The way to avoid any copying is to provide a special constructor. If you
can re-write your code so it looks like:
LargeObj getObjData()
{
return LargeObj( fillsomehow() );
}
If fillsomehow() returns the data (perhaps a "big string" then have a constructor that takes a "big string". If you have such a constructor, then the compiler will very likelt construct a single object and not make any copies at all to perform the return. Of course, whether this is userful in real life depends on your particular problem.
A somewhat idiomatic solution would be:
std::auto_ptr<LargeObj> getObjData()
{
std::auto_ptr<LargeObj> a(new LargeObj);
a->fillWithData();
return a;
}
int main()
{
std::auto_ptr<LargeObj> a(getObjData());
}
Alternatively, you can avoid this issue all together by letting the object get its own data, i. e. by making getObjData() a member function of LargeObj. Depending on what you are actually doing, this may be a good way to go.
Depending on how large the object really is and how often the operation happens, don't get too bogged down in efficiency when it will have no discernible effect either way. Optimization at the expense of clean, readable code should only happen when it is determined to be necessary.
The chances are that some cycles will be wasted when you return by copy. Whether it's worth worrying about depends on how large the object really is, and how often you invoke this code.
But I'd like to point out that if LargeObj is a large and non-trivial class, then in any case its empty constructor should be initializing it to a known state:
LargeObj::LargeObj() :
m_member1(),
m_member2(),
...
{}
That wastes a few cycles too. Re-writing the code as
LargeObj::LargeObj()
{
// (The body of fillWithData should ideally be re-written into
// the initializer list...)
fillWithData() ;
}
int main()
{
LargeObj a ;
}
would probably be a win-win for you: you'd have the LargeObj instances getting initialized into known and useful states, and you'd have fewer wasted cycles.
If you don't always want to use fillWithData() in the constructor, you could pass a flag into the constructor as an argument.
UPDATE (from your edit & comment) : Semantically, if it's worthwhile to create a typedef for LargeObj -- i.e., to give it a name, rather than referencing it simply as typedef std::vector<HugeObj> -- then you're already on the road to giving it its own behavioral semantics. You could, for example, define it as
class LargeObj : public std::vector<HugeObj> {
// constructor that fills the object with data
LargeObj() ;
// ... other standard methods ...
};
Only you can determine if this is appropriate for your app. My point is that even though LargeObj is "mostly" a container, you can still give it class behavior if doing so works for your application.

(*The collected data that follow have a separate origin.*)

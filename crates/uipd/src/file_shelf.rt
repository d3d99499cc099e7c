//! The files of the system as a shelf.

ghost use Rattle.std.specs.Prelude.{◌≡◌, ◌<◌, ◌≤◌, ◌+◌, ◌-◌, ◌^◌, min, length, None, IfOk, IfSome, IsSomeAnd};
ghost use Rattle.uip_edge.specs.Prelude.{HasShelfCause};
ghost use Rattle.uipd.specs.FileReading.{Passes, ReadsOn};

use arrayvec::ArrayVec;
use std::fs;
use std::io::Read;
use std::rt::Files;
use uip_edge::{Failed, Shelf};

/// The size of the block by which what is before an offset is read, in bytes.
const BLOCK: usize = 4096;

/// The greatest length of a name, in bytes: no path of the system is longer (PATH_MAX).
const LONGEST_NAME: usize = 4096;

/// A file that is being read, and its offset.
#[derive(Drop)]
struct OpenFile<F> {
    name: ArrayVec<u8, LONGEST_NAME>,
    file: F,
    at: u64,
}

/// The files of the system, by their paths. The last one stays open, and continues if the next call reads on. Else the file is
/// opened again and read up to the offset. A name that is not text is a fault, and so is a missing file. No call allocates
/// memory.
#[derive(Drop)]
pub struct FileShelf<'a, R: Files> {
    rt: &'a R,
    last: Option<OpenFile<R::File>>,
    faults: u64,
}

impl<'a, R: Files> FileShelf<'a, R> {
    /// Returns the shelf, with no file open.
    pub fn new(rt: &'a R) -> FileShelf<'a, R>
        ensures faults { result.faults ≡ 0 }
    {
        FileShelf {
            rt,
            last: None,
            faults: 0,
        }
    }
}

impl<'a, R: Files> Shelf for FileShelf<'a, R> {
    ghost held = { λ _. None };

    ghost faults = { λ shelf. shelf.faults };

    fn read(&mut self, name: &[u8], at: u64, buf: &mut [u8]) -> Result<usize, Failed>
        requires { 0 < length buf.old }
        ensures within { IfOk result (λ n. n ≤ length buf.new) }
        ensures cause { HasShelfCause self.old.faults self.new.faults None name.now result }

        // What it reads is what a file at the offset lost, if an open file's content is known.
        ensures bytes { IfOk result (λ n. ReadsOn R.File.remaining self.old.last self.new.last name.now at n buf.new) }
    {
        match read_on(self.rt, &mut self.last, name, at, buf) {
            Some(count) => Ok(count),
            None => {
                self.faults = self.faults.saturating_add(1);
                Err(Failed)
            }
        }
    }
}

/// Reads on in the last file, if the offset is its own; else opens the file again.
fn read_on<R: Files>(
    rt: &R,
    last: &mut Option<OpenFile<R::File>>,
    name: &[u8],
    at: u64,
    buf: &mut [u8],
) -> Option<usize>
    ensures within { IfSome result (λ count. count ≤ length buf.new) }
    ensures place { IfSome result
        (λ count. IsSomeAnd last.new (λ file. (file.name.items ≡ name.now) × (file.at ≡ min (at + count) (2 ^ 64 - 1)))) }
    ensures bytes { IfSome result (λ count. ReadsOn R.File.remaining last.old last.new name.now at count buf.new) }
{
    let mut open = match last.take() {
        Some(open) if open.at == at && open.name.as_slice() == name => open,
        _ => open_at(rt, name, at)?,
    };
    let count = open.file.read(buf).ok()?;
    open.at = at.saturating_add(count as u64);
    *last = Some(open);
    Some(count)
}

/// Opens a file and reads up to the offset.
fn open_at<R: Files>(rt: &R, name: &[u8], at: u64) -> Option<OpenFile<R::File>>
    ensures place { IfSome result (λ file. (file.name.items ≡ name.now) × (file.at ≡ at)) }
    ensures passed { IfSome result (λ file. (opened : R.File) × Passes (R.File.remaining opened) (R.File.remaining file.file) at) }
{
    let mut kept = ArrayVec::new();
    kept.try_extend_from_slice(name).ok()?;
    let path = str::from_utf8(name).ok()?;
    let mut file = fs::open(rt, path).ok()?;
    pass(&mut file, at)?;
    Some(OpenFile {
        name: kept,
        file,
        at,
    })
}

/// Reads this number of bytes and discards them, as far as there are any.
fn pass<F: Read>(file: &mut F, bytes: u64) -> Option<()>
    ensures { IfSome result (λ _. Passes (F.remaining file.old) (F.remaining file.new) bytes) }
{
    let mut block = [0; BLOCK];
    let mut left = bytes;
    while left > 0 {
        let room = left.min(BLOCK as u64) as usize;
        match file.read(&mut block[..room]).ok()? {
            0 => return Some(()),
            count => left -= count as u64,
        }
    }
    Some(())
}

Your first snippet is especially useful when you do things like have getObjData() implemented in one DLL, call it from another DLL, and the two DLLs are implemented in different languages or different versions of the compiler for the same language. The reason is because when they are compiled in different compilers they often use different heaps. You must allocate and deallocate memory from within the same heap, else you will corrupt memory. </windows>
But if you don't do something like that, I would normally simply return a pointer (or smart pointer) to memory your function allocates:
LargeObj* getObjData()
{
LargeObj* ret = new LargeObj;
ret->fillWithData() ;
return ret;
}
...unless I have a specific reason not to.